Una cosa è certa, sicuramente ci si ferma ad ammirare il paesaggio magnifico che quella vista offre. Un panorama incredibile sui miei monti che ha la capacità di mozzare il fiato da tanto che è bello.

C’è solo pietra accanto a me. C’è solo gusto antico e una leggera brezza frescolina.

Le volte ad arco fanno apparire quei vicoli ancora più angusti ma, nonostante tutto, la sensazione che mi pervade è quella della bellezza.

Sopra a questa fontana vedo una costruzione, edificata dopo la realizzazione della protagonista di questo post, e leggendo la scheda che la presenta capisco essere la “Casa del Boia”, colui che era addetto alle pene capitali.

La lavorazione, in ferro battuto, di alcuni lampioni posizionati attorno ad essa, mi permette di andare indietro con la fantasia. Corro in un tempo di carrozze e cavalli, di carri e muli, di uomini vestiti in modo strano e soldati che osservano e proteggono il territorio. Vedo donne vestite di stracci, catturate dall’Inquisitore, vedo bambini correre e anziani raggomitolati in un angolo sottomessi alla peste. Sento urla e risa, guardo maschere e colori e il mio naso sensibile percepisce strani profumi di elisir antichi.

In ogni suo più piccolo anfratto, Triora, riporta alla storia e alla magia. Alla battaglia e alla superstizione.

Questa fontana particolare, molto utilizzata da sempre, riceve l’acqua dalla sorgente di Gorda la quale passa nei pressi del Castello.

E’ come essere dentro a un cuore pulsante. Il cuore di quella che in passato era chiamata città. Un motore propulsore di meraviglia e vita.

E’ normale passare di qui quando si viene a Triora e se ne vive il borgo più intimo e storico. D’ora in poi, giungendo in questa zona, potrete alzare lo sguardo verso un rettangolo di cielo, guardare quelle pareti attorno a voi e pensare che tutto quello che vedete è stato vissuto, molti anni prima, da personaggi singolari che di Triora, ognuno a modo suo, ne hanno fatto ciò che ancora oggi è.

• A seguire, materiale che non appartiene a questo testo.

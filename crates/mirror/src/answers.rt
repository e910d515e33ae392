// Answers and refusals as structs and numbers of C.
ghost use Rattle.std.specs.Prelude.{List, ◌≡◌, ℕ};
ghost use Rattle.finder.specs.Finder.{answer_of as Finder·answerOf};
ghost use Rattle.job.specs.Answers.{checked_answer, reply_answer, peeked_answer, answered_outcome};
ghost use Rattle.job.specs.Calls.{unfinished};
ghost use Rattle.job.specs.Job.{Arrays, no_columns, unfinished_job};
ghost use Rattle.search.specs.Search.{answer_of as Search·answerOf};
ghost use Rattle.mirror.specs.Mirror.{refusal_of, register_of, columns_for, peeked_of, head_of, answer_of, answered_of};

use crate::head::mirror_of;
use crate::{CAnswer, CAnswered, CColumns, CHead, CPeeked, CRegister};
use columns::Columns;
use finder::Register;
use job::{Answered, Progress};
use refusal::Refusal;
use search::Sought;

// 0 where nothing is refused.
pub fn refusal_of(v: Result<(), Refusal>) -> u32
    ensures { result ≡ refusal_of (checked_answer v) }
{
    match v {
        Ok(()) => 0,
        Err(why) => u32::from(why),
    }
}

pub fn register_of(found: Result<Register, Refusal>) -> CRegister
    ensures { result ≡ register_of (Finder·answerOf found) }
{
    let (refusal, alone, length) = match found {
        Ok(register) => (0, register.alone, register.length),
        Err(why) => (u32::from(why), false, 0),
    };
    CRegister {
        refusal,
        alone: u32::from(alone),
        length,
    }
}

#[tactic(auto, unfolding(columns::specs::Columns::columns_of, columns::specs::Columns::number))]
pub fn columns_of(found: Result<Sought, Refusal>) -> CColumns
    ensures { result ≡ columns_for (Search·answerOf found) }
{
    match found {
        Ok(sought) => {
            let marks = sought.columns.words;
            CColumns {
                refusal: 0,
                tried: sought.tried,
                marks,
            }
        }
        Err(why) => CColumns {
            refusal: u32::from(why),
            tried: 0,
            marks: [0; 4],
        },
    }
}

pub fn peeked_of(p: Result<usize, Refusal>) -> CPeeked
    ensures { result ≡ peeked_of (peeked_answer p) }
{
    match p {
        Ok(length) => CPeeked { refusal: 0, length },
        Err(why) => CPeeked {
            refusal: u32::from(why),
            length: 0,
        },
    }
}

pub fn answer_of(reply: Result<Progress, Refusal>, columns: Columns, tried: usize) -> CAnswer
    ensures { result ≡ answer_of (reply_answer reply) columns tried }
{
    let (refusal, unfinished, count) = match reply {
        Ok(Progress::Columns(c)) => (0, 0, c),
        Ok(Progress::Unfinished) => (0, 1, 0),
        Err(why) => (u32::from(why), 0, 0),
    };
    let marks = columns.words;
    CAnswer {
        refusal,
        unfinished,
        count,
        tried,
        marks,
    }
}

pub fn answered_of(a: Answered) -> CAnswered
    ensures { (b : Arrays) (f : List ℕ) → result ≡ answered_of (answered_outcome a b f) }
{
    CAnswered {
        answer: answer_of(a.reply, a.columns, a.tried),
        head: mirror_of(a.head),
    }
}

// What a step answers that leaves the job of a head unfinished. The struct is made of the head's as it is, with no `Answered` between.
pub fn unfinished_of(m: CHead) -> CAnswered
    ensures { (b : Arrays) (f : List ℕ) → result ≡
        answered_of (record { answer = unfinished; marks = no_columns; tried = 0; job = unfinished_job (head_of m).shape b; frame = f }) }
{
    let marks = [0; 4];
    let answer = CAnswer {
        refusal: 0,
        unfinished: 1,
        count: 0,
        tried: 0,
        marks,
    };
    let head = CHead {
        phase: 3,
        alone: 0,
        length: 0,
        marks,
        ..m
    };
    CAnswered { answer, head }
}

Io vi mando un bacione storico e corro a scrivere ancora per voi!

Quelle fessure chiamate “caruggi”

In Liguria, e quindi anche nella mia splendida Valle, le piccole vie che attraversano i borghi vengono chiamate “caruggi”. C’è anche chi li chiama “carrugi” o “carruggi” ma il significato è lo stesso.

Si tratta di stradine strette, a volte anguste, a volte splendide, dove i raggi del sole spesso faticano ad entrare e la gente, che vive in queste vie, è il cuore pulsante del borgo antico.

La parte più vecchia del paese. Quella costruita astutamente, come il guscio di una chiocciola, intorno a un dedalo di strade buie e socchiuse in modo che il nemico invasore potesse perdersi e rendersi così più vulnerabile.

La maggior parte di questi caruggi, che appaiono proprio come piccole fessure, sono dotati di contrafforti, strutture in grado di reggere e unire le abitazioni tra loro e attutire i vari spostamenti sismici di quegli edifici costruiti in altezza per rendere il borgo ancora più a chiuso come uno scudo umbone rovesciato.

Da alcuni di questi elementi architettonici veniva buttato olio bollente su chi si permetteva di invadere il paese. I caruggi infatti, sono pieni di nascondigli sia in basso che in alto e, ancora oggi, in alcuni di loro, si possono trovare gradini che scendono chissà dove o nicchie utili agli appostamenti.

Alcune di queste stradine hanno un aspetto tondo e dolce. Si passa sotto le case attraverso volte a semicerchio e le loro curve donano sinuosità. Possono mostrare il vermiglio arcaico dei mattoni pieni o pietre levigate che rendono il tutto più aggraziato.

Altre invece appaiono come affilate e taglienti, squadrate, e disegnano verso il cielo figure che sembrano geometriche.

Alcune sono davvero buie e molto fresche. L’umidità le rende come se fossero celle frigorifere all’aperto e non è difficile vedere del muschio nascere al suolo.

Altre ancora, un poco più aperte e magari più lunghe, sono solitamente addobbate con cura da chi le vive; i nomi dei caruggi vengono scritti in modo particolare, su lastre d’ardesia o dipinti di cerchi di legno.

Molti fiori abbelliscono le case, i numeri civici sono disegnati sul muro o su piastrelle decorate, e anche i panni stesi, appesi come un tempo, tra una finestra e l’altra in condivisione, donano un tocco di folklore e di colore.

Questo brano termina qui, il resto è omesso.